True, I helped all I could, but it was you
who moved that mountain range to get us through.
SHARED 2
Shared understandings truly do connect us,
and through them you help me. And here is one.
The ways our carers scared us early on,
twisting, distorting our childhood-minds, can still affect us
now, and for life, colouring how we live.
Such knowledge, mixed with gentleness, grows wise;
denial makes for trafficking in lies
and blocks the path through anger to forgive.
Between us gleams a placid pool. Though storms
may churn its surface, each storm soon dies down,
a shared peace intervenes (not yours, not mine),
the pool unwrinkles like a fading frown
and, in the time it takes to read this line,
our mirrored landscape magically re-forms.
SHARED 3
I think you really care. The things you do.
The exquisite thought that you put into, say,
choosing the card I got from you today.
Those pine trees, with a full moon shining through
the branches, summon up our shared delight
in the moon’s moods and phases, comings and goings,
and in how different its shy daytime showings
are from its bright assertiveness at night –
a full moon then outshines the lamps of town.
Whoever sees it first summons the other.
Many a waning crescent we’ve watched together,
sinking, as if pulled by the setting sun.
And once, upon a pre-dawn tinged with red,
we glimpsed a new moon rising, thin as thread.
~
ABOUT THE POEMS: These four poems are from a sequence of twenty called 'Depression: My Recovery'. They were originally written while recovering from a severe mental breakdown that culminated in suicide attempts, two months on a psychiatric ward for severely disturbed elderly patients, and much medication (antidepressant, anti-psychotic, and sleeping tablets).
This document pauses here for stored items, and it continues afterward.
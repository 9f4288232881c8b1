// The file of bookings: on each line a day and a time of the month, and a vessel's name. It is read as minutes of the month, and answered line by line.
#![tactic(auto)]

pub mod answered; // the lines with their heights
mod booking; // one line
pub mod reading; // all lines
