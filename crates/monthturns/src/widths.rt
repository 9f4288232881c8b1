// How wide the searches over the last minutes are: as the station's own strides, the widest first.
ghost use Rattle.std.specs.Prelude.{◌≡◌};
ghost use Rattle.monthturns.specs.Widths.{widest_first};

use station::strides::Strides;

// Three widths in minutes.
#[derive(Clone, Copy)]
pub struct Widths {
    pub far: u32,
    pub near: u32,
    pub end: u32,
}

// A station's strides, the widest first.
#[tactic(auto, unfolding(crate::specs::Widths::widest_first))]
pub fn widest_first(strides: Strides) -> Widths
    ensures { result ≡ widest_first strides }
{
    let wide = strides.semidiurnal.max(strides.mixed);
    let narrow = strides.semidiurnal.min(strides.mixed);
    Widths {
        far: wide.max(strides.diurnal),
        near: narrow.max(wide.min(strides.diurnal)),
        end: narrow.min(strides.diurnal),
    }
}
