// One line of the file.
ghost use Rattle.std.specs.Prelude.{◌≡◌, ◌-◌, ◌≤◌};
ghost use Rattle.daybook.specs.Booking.{without_return, day_of, booking_of};

use commandline::times;
use digits::dates;

// A line without the CR at its end.
#[tactic(auto, unfolding(crate::specs::Booking::without_return))]
pub fn without_return(line: &[u8]) -> &[u8]
    ensures { result.now ≡ without_return line.now }
{
    match line {
        [front @ .., b'\r'] => front,
        _ => line,
    }
}

// The number that a digit is.
fn digit(byte: u8) -> u32
    requires { 48 ≤ byte }
    ensures { result ≡ byte - 48 }
{
    (byte - b'0') as u32
}

// The day that a line begins with; 0 where it begins with none. (`day_of` of specs/Booking.antt has that 0: day 00 is none, too.)
fn day_of(line: &[u8]) -> u32
    ensures { result ≡ day_of line.now }
{
    if columns::all_among(line, 0, 2, b'0', b'9') {
        return 10 * digit(columns::column(line, 0)) + digit(columns::column(line, 1));
    }
    0
}

// The minute of the month that a line books; none where it is no booking.
#[tactic(auto, unfolding(crate::specs::Booking::booking_of))]
pub fn booking_of(line: &[u8]) -> Option<u32>
    ensures { result ≡ booking_of line.now }
{
    if columns::column(line, 2) != b' ' {
        return None;
    }
    if columns::all_among(line, 8, 9, b'0', b'9') {
        return None;
    }
    let day = day_of(line);
    if day == 0 {
        return None;
    }
    let minute = times::time_of(columns::part(line, 3, 5))?;
    Some(dates::minute_of_month(day, minute))
}
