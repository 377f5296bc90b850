// The answer of `print`, told.
ghost use Rattle.std.specs.Prelude.{◌≡◌};
ghost use Rattle.books.specs.Calls.{print_number, print_place};
ghost use Rattle.answers.specs.Answer.{Told};
ghost use Rattle.print_answers.specs.Prints.{print_count, print_numbers};

use answers::written::narrow;
use books::PrintRefusal;
use refusal_numbers::{number_of, place_of};

fn print_number(answer: Result<usize, PrintRefusal>) -> u32
    ensures { result ≡ print_number answer }
{
    match answer {
        Ok(_) => 0,
        Err(PrintRefusal::Description(_)) => 14,
        Err(PrintRefusal::Refused(refusal)) => number_of(refusal),
        Err(PrintRefusal::Name(_)) => 16,
    }
}

fn print_place(answer: Result<usize, PrintRefusal>) -> usize
    ensures { result ≡ print_place answer }
{
    match answer {
        Ok(_) => 0,
        Err(PrintRefusal::Description(place)) => place,
        Err(PrintRefusal::Refused(refusal)) => place_of(refusal),
        Err(PrintRefusal::Name(token)) => token,
    }
}

fn print_count(answer: Result<usize, PrintRefusal>) -> usize
    ensures { result ≡ print_count answer }
{
    answer.unwrap_or(0)
}

fn print_numbers(answer: Result<usize, PrintRefusal>) -> [u32; 9]
    ensures { result ≡ print_numbers answer }
{
    let place = narrow(print_place(answer));
    let count = narrow(print_count(answer));
    [place, 0, 0, count, 0, 0, 0, 0, 0]
}

pub fn tell_printed(given: Result<usize, PrintRefusal>, answer: &mut [u32; 9]) -> u32
    ensures { Told (print_number given) (print_numbers given) result answer.new }
{
    *answer = print_numbers(given);
    print_number(given)
}
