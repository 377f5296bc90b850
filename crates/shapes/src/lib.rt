// The shape of a simple condition: its tokens are within their tables, and of the kinds that its relation number asks.
#![tactic(auto)]

ghost use Rattle.std.specs.Prelude.{◌≡◌, ◌&&◌, ◌||◌, [], ℕ, eqb};
ghost use Rattle.tables.specs.Operands.{lend, lend_names, under, operand_sound};
ghost use Rattle.tables.specs.Tokens.{is_operand, is_switch, is_name, exists, name_there};
ghost use Rattle.tables.specs.Rows.{name_count};
ghost use Rattle.typing.specs.Tests.{test_of};
ghost use Rattle.typing.specs.Shape.{shape_sound};
ghost use Rattle.typing.specs.Typing.{typed};

use content::Row;
use operands::tokens::token_there;
use tables::rows::NAME_WIDTH;
use tables::tokens::{ITEM, LITERAL, NAME, SPAN, SWITCH_OFF, SWITCH_ON};
use typing::Test;
use typing::sides::{test_of, test_typed};

fn is_operand(token: u32) -> bool
    ensures { result ≡ is_operand token }
{
    let kind = token / SPAN;
    (kind == ITEM) | (kind == LITERAL)
}

fn operand_exists(items: &[u32], literals: &[u32], token: u32) -> bool
    ensures { result ≡ operand_sound (lend items.now literals.now []) token }
{
    if !is_operand(token) {
        return false;
    }
    let items = items.len() / Row::WIDTH;
    let literals = literals.len() / Row::WIDTH;
    token_there(false, token, items, literals, 0)
}

// A token that is a condition by itself: a switch, or a condition-name.
fn is_alone(token: u32) -> bool
    ensures { result ≡ (is_switch token || is_name token) }
{
    let kind = token / SPAN;
    (kind == SWITCH_ON) | (kind == SWITCH_OFF) | (kind == NAME)
}

// `off`, here and below: the rules have the switch-off words.
fn alone_exists(off: bool, names: &[u32], token: u32) -> bool
    ensures { (items literals : ℕ) → result ≡ (is_switch token && exists off items literals token || name_there (name_count names.now) token) }
{
    let names = names.len() / NAME_WIDTH;
    is_alone(token) & token_there(off, token, 0, 0, names)
}

// The shape of a relation, and that of a class or a sign test.
fn two_operands(items: &[u32], literals: &[u32], subject: u32, object: u32) -> bool
    ensures { result ≡ (operand_sound (lend items.now literals.now []) subject && operand_sound (lend items.now literals.now []) object) }
{
    if !operand_exists(items, literals, subject) {
        return false;
    }
    operand_exists(items, literals, object)
}

fn one_operand(items: &[u32], literals: &[u32], subject: u32, object: u32) -> bool
    ensures { result ≡ (operand_sound (lend items.now literals.now []) subject && eqb object 0) }
{
    operand_exists(items, literals, subject) & (object == 0)
}

// Whether the tokens are within their tables, and of the kinds that the test asks.
fn shape_sound(
    off: bool,
    items: &[u32],
    literals: &[u32],
    names: &[u32],
    test: Test,
    subject: u32,
    object: u32,
) -> bool
    ensures { result ≡ shape_sound (under off (lend_names items.now literals.now [] names.now)) test subject object }
{
    match test {
        Test::Alone => alone_exists(off, names, subject) & (object == 0),
        Test::Relation {
            word: _,
            negated: _,
        } => two_operands(items, literals, subject, object),
        Test::Class {
            word: _,
            negated: _,
        } => one_operand(items, literals, subject, object),
        Test::Sign {
            word: _,
            negated: _,
        } => one_operand(items, literals, subject, object),
        Test::Unknown => false,
    }
}

// The shape and the typing of a row that a caller lends.
pub fn condition_sound(
    off: bool,
    items: &[u32],
    literals: &[u32],
    names: &[u32],
    subject: u32,
    relation: u32,
    object: u32,
) -> bool
    ensures { result ≡ (shape_sound (under off (lend_names items.now literals.now [] names.now)) (test_of relation) subject object && typed (under off (lend_names items.now literals.now [] names.now)) subject relation object) }
{
    let test = test_of(relation);
    if !shape_sound(off, items, literals, names, test, subject, object) {
        return false;
    }
    test_typed(items, literals, test, subject, object)
}
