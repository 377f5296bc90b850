// Expand and plan a condition. Each promises its whole answer, and the answer in the document's numbers.
ghost use Rattle.std.specs.Prelude.{◌≡◌, ◌++◌, ◌≤◌, length, drop};
ghost use Rattle.tables.specs.Operands.{lend_names};
ghost use Rattle.rules.specs.Calls.{expand_gives, plan_gives, Leaves};
ghost use Rattle.rules.specs.Numbers.{of_written};

use expander::expand::write_expanded;
use preparer::prepare::prepare;
use tables::Refusal;

// The expanded form of a condition, written from the start of the output: the count of numbers written, or a refusal.
pub fn expand(
    items: &[u32],
    literals: &[u32],
    bytes: &[u8],
    names: &[u32],
    tokens: &[u32],
    output: &mut [u32],
) -> Result<usize, Refusal>
    ensures leaves { Leaves (expand_gives (lend_names items.now literals.now bytes.now names.now) tokens.now output.old) result output.new }
    ensures result_value { of_written result ≡ of_written (expand_gives (lend_names items.now literals.now bytes.now names.now) tokens.now output.old).answer }
{
    let mut rows = [0u32; 640];
    prepare(false, items, literals, bytes, names, tokens, &mut rows)?;
    let mut form = [0u32; 640];
    let length = write_expanded(tokens, &mut form);
    if output.len() < length {
        return Err(Refusal::Room(length));
    }
    copy(&form[..length], output);
    Ok(length)
}

// The numbers from the start of a longer output.
fn copy(numbers: &[u32], output: &mut [u32])
    requires { length numbers.now ≤ length output.old }
    ensures { output.new ≡ numbers.now ++ drop (length numbers.now) output.old }
{
    output[..numbers.len()].copy_from_slice(numbers);
}

// The plan of a condition, five numbers for each simple condition, written from the start of the output.
pub fn plan(
    items: &[u32],
    literals: &[u32],
    bytes: &[u8],
    names: &[u32],
    tokens: &[u32],
    output: &mut [u32],
) -> Result<usize, Refusal>
    ensures leaves { Leaves (plan_gives (lend_names items.now literals.now bytes.now names.now) tokens.now output.old) result output.new }
    ensures result_value { of_written result ≡ of_written (plan_gives (lend_names items.now literals.now bytes.now names.now) tokens.now output.old).answer }
{
    let mut rows = [0u32; 640];
    let count = prepare(false, items, literals, bytes, names, tokens, &mut rows)?;
    let needed = count * 5;
    if output.len() < needed {
        return Err(Refusal::Room(needed));
    }
    copy(&rows[..needed], output);
    Ok(needed)
}
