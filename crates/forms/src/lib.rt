// The calls that write a condition: in full, and as a plan. None asks anything of its caller.
#![tactic(auto)]

pub mod calls; // expand, plan
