// The lengths tried on one basis.
#![tactic(auto)]

ghost use Rattle.std.specs.Prelude.{◌≡◌, List, ℕ, ◌+◌, ◌*◌, ◌≤◌, ◌<◌, length, Float};
ghost use Rattle.lists.specs.Walk.{on, walk};
ghost use Rattle.lists.specs.Window.{window};
ghost use Rattle.hess_exp.specs.HessExp.{hess_exp_e1};
ghost use Rattle.hess_rows.specs.Parts.{Leading};
ghost use Rattle.general_operator.specs.Csr.{Csr};
ghost use Rattle.phi_action_helpers.specs.declared.Coupling.{Coupling};
ghost use Rattle.phi_action_helpers.specs.declared.Layout.{Layout};
ghost use Rattle.gram_schmidt.specs.Memory.{setting_at, basis_at, Counted};
ghost use Rattle.trial_steps.specs.Trials.{MAX_REJECT, local_error, try_step, exact_step, trials};
ghost use Rattle.trial_steps.specs.Memory.{trial_at, Modest, columns_in};

use gram_schmidt::{Broken, Full, Krylov};

// How many lengths may be rejected on one basis.
const MAX_REJECT: usize = 10;

// The error of a length, and the order of the root that shortens it.
#[derive(Clone, Copy)]
pub struct Estimate {
    pub err: f64,
    pub order: usize,
}

// A length accepted: the rejections before it, its error, and how many columns have a coefficient.
#[derive(Clone, Copy)]
pub struct Step {
    pub rejections: usize,
    pub t: f64,
    pub err: f64,
    pub count: usize,
}

// The rejections so far and the length to be tried; or the end: accepted, or no inner plan for the argument.
#[derive(Clone, Copy)]
pub enum Outcome {
    Next(usize, f64),
    Accepted(Step),
    NoPlan(f64),
}

// Of an accepted length the coefficients stand in the first places of f.
#[derive(Clone, Copy)]
pub struct Trial {
    pub outcome: Outcome,
    pub f: [f64; 130],
}

// From the column f of the small exponential.
fn local_error(m: usize, beta: f64, avnorm: f64, f: &[f64]) -> Estimate
    requires { m + 1 < length f.now }
    ensures { result ≡ local_error m beta avnorm f.now }
{
    let phi1 = float::abs(beta * f[m]);
    let phi2 = float::abs(beta * f[m + 1] * avnorm);
    if phi1 > 10.0 * phi2 {
        Estimate {
            err: phi2,
            order: m,
        }
    } else if phi1 > phi2 {
        Estimate {
            err: phi1 * phi2 / (phi1 - phi2),
            order: m,
        }
    } else if m > 2 {
        Estimate {
            err: phi1,
            order: m - 1,
        }
    } else {
        Estimate {
            err: phi1,
            order: 1,
        }
    }
}

// One length tried: accepted, or rejected and shortened.
fn try_step(h: &[f64], k: Krylov, beta: f64, avnorm: f64, rejections: usize, t: f64) -> Trial
    requires m_bound { (k.m ≤ 128) × (rejections ≤ MAX_REJECT) }
    requires h_len { length h.now ≡ (k.m + 2) * (k.m + 2) }
    ensures result_value { (l : Layout) (b : Coupling) (q : Csr) (vectors : List Float) (i : ℕ) → trial_at result ≡ try_step (setting_at l b k q vectors) beta h.now avnorm i (record { rejections = rejections; t = t }) }
    ensures modest { Modest (rejections + 1) (k.m + 1) result }
{
    let m = k.m;
    let dim = m + 2;
    let small = hess_exp::hess_exp_e1(h, dim, dim, t);
    let f = small.column;
    if small.planned {
        let e = local_error(m, beta, avnorm, &f[..dim]);
        if retry::accepts(k.tol, t, e.err) {
            let s = Step {
                rejections,
                t,
                err: e.err,
                count: m + 1,
            };
            return Trial {
                outcome: Outcome::Accepted(s),
                f,
            };
        }
        let shorter = retry::retry(e.order, k.tol, t, e.err);
        return Trial {
            outcome: Outcome::Next(rejections + 1, shorter),
            f,
        };
    }
    Trial {
        outcome: Outcome::NoPlan(small.argument),
        f,
    }
}

// At most MAX_REJECT + 1 lengths, the first t.
fn try_lengths(h: &[f64], k: Krylov, beta: f64, avnorm: f64, t: f64) -> Trial
    requires m_bound { k.m ≤ 128 }
    requires h_len { length h.now ≡ (k.m + 2) * (k.m + 2) }
    ensures result_value { (l : Layout) (b : Coupling) (q : Csr) (vectors : List Float) → trial_at result ≡ walk (try_step (setting_at l b k q vectors) beta h.now avnorm) (MAX_REJECT + 1) 0 (on (record { rejections = 0; t = t })) }
    ensures modest { Modest (MAX_REJECT + 1) (k.m + 1) result }
{
    let mut o = Trial {
        outcome: Outcome::Next(0, t),
        f: [0.0; 130],
    };
    for _ in 0..MAX_REJECT + 1 {
        let s = o.outcome;
        let Outcome::Next(rejections, length) = s else {
            return o;
        };
        o = try_step(h, k, beta, avnorm, rejections, length);
    }
    o
}

// On a breakdown the projection is exact: the whole remaining time is accepted.
fn exact_step(h: &[f64], dim: usize, mb: usize, beta: f64, hn: f64, remaining: f64) -> Trial
    requires le_mb { (1 ≤ mb) × (mb ≤ 130) }
    requires leading { Leading h.now dim mb }
    ensures result_value { trial_at result ≡ exact_step beta hn remaining (hess_exp_e1 h.now dim mb remaining) }
    ensures modest { Modest (MAX_REJECT + 1) mb result }
{
    let small = hess_exp::hess_exp_e1(h, dim, mb, remaining);
    let f = small.column;
    if small.planned {
        let s = Step {
            rejections: 0,
            t: remaining,
            err: beta * hn * remaining,
            count: mb,
        };
        return Trial {
            outcome: Outcome::Accepted(s),
            f,
        };
    }
    Trial {
        outcome: Outcome::NoPlan(small.argument),
        f,
    }
}

// Lengths tried on one basis, of which h is the small matrix.
pub fn trial_steps(
    h: &[f64],
    k: Krylov,
    beta: f64,
    next: f64,
    remaining: f64,
    basis: Result<Full, Broken>,
) -> Trial
    requires m_bound { (k.m ≤ 128) × Counted k.m basis }
    requires h_len { length h.now ≡ (k.m + 2) * (k.m + 2) }
    ensures result_value { (l : Layout) (b : Coupling) (q : Csr) (vectors work : List Float) → window k.h ((k.m + 2) * (k.m + 2)) work ≡ h.now → trial_at result ≡ trials (setting_at l b k q vectors) beta next remaining (basis_at l k basis work) }
    ensures modest { Modest (MAX_REJECT + 1) (columns_in k basis) result }
{
    match basis {
        Ok(b) => try_lengths(h, k, beta, b.avnorm, float::min(next, remaining)),
        Err(e) => exact_step(h, k.m + 2, e.mb, beta, e.hn, remaining),
    }
}
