//! Lines of numbers as text: the one definition of such a text (docs/RULES.md, 'The calls as text'), and its one writer.
#![tactic(auto)]

ghost use Rattle.texts.specs.Worked.{WorkedLines};

pub mod page;

/// The lines and buffers worked by hand are what the definitions give.
#[tactic(auto, using(crate::proofs::Worked::worked_lines))]
pub fn worked_lines_hold()
    ensures { WorkedLines }
{}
These are the only poems in the sequence which are about my relationship with my then partner, with whom I’d lived for 17 years. I’ve edited them carefully recently, not changing more than a word here and a phrase there, to make them speak more clearly and truthfully. They are substantially the same poems – which were doomed attempts to save a relationship which had been stormy from the start, and was now threatening to come apart completely. We split up and I moved out the following year. 'The Mountain' is tenth in the Depression sequence of 20, and the three 'Shared' sonnets Conclude it.
ABOUT JAMES
"I am age 76 and educated at public school and university (where I studied physics and mathematics). In my first year of life I suffered severe, painful and terrifying abuse at the hands of my father. My mother knew nothing of this as far as I know. News of this abuse came to me for the first time when I was 43, in the form of two vivid “psychological” flashbacks. The abuse continued routinely, unwelcome but painless, until I was 11 years old. As a result, in adulthood I had to endure 50 years of complex post-traumatic stress disorder: two breakdowns, with decades of relative calm before and between, in which I held down a job as an unqualified library assistant at a university library. The second breakdown, which was about 7 years ago, was more severe than the first, and took longer to recover from. However, since that breakdown, my recovery has been extraordinary, and has reached a point, a level of creativity and wellbeing, that I would never have believed possible. However, I don’t think I would have survived at all without a great deal of help from books, friends and therapists."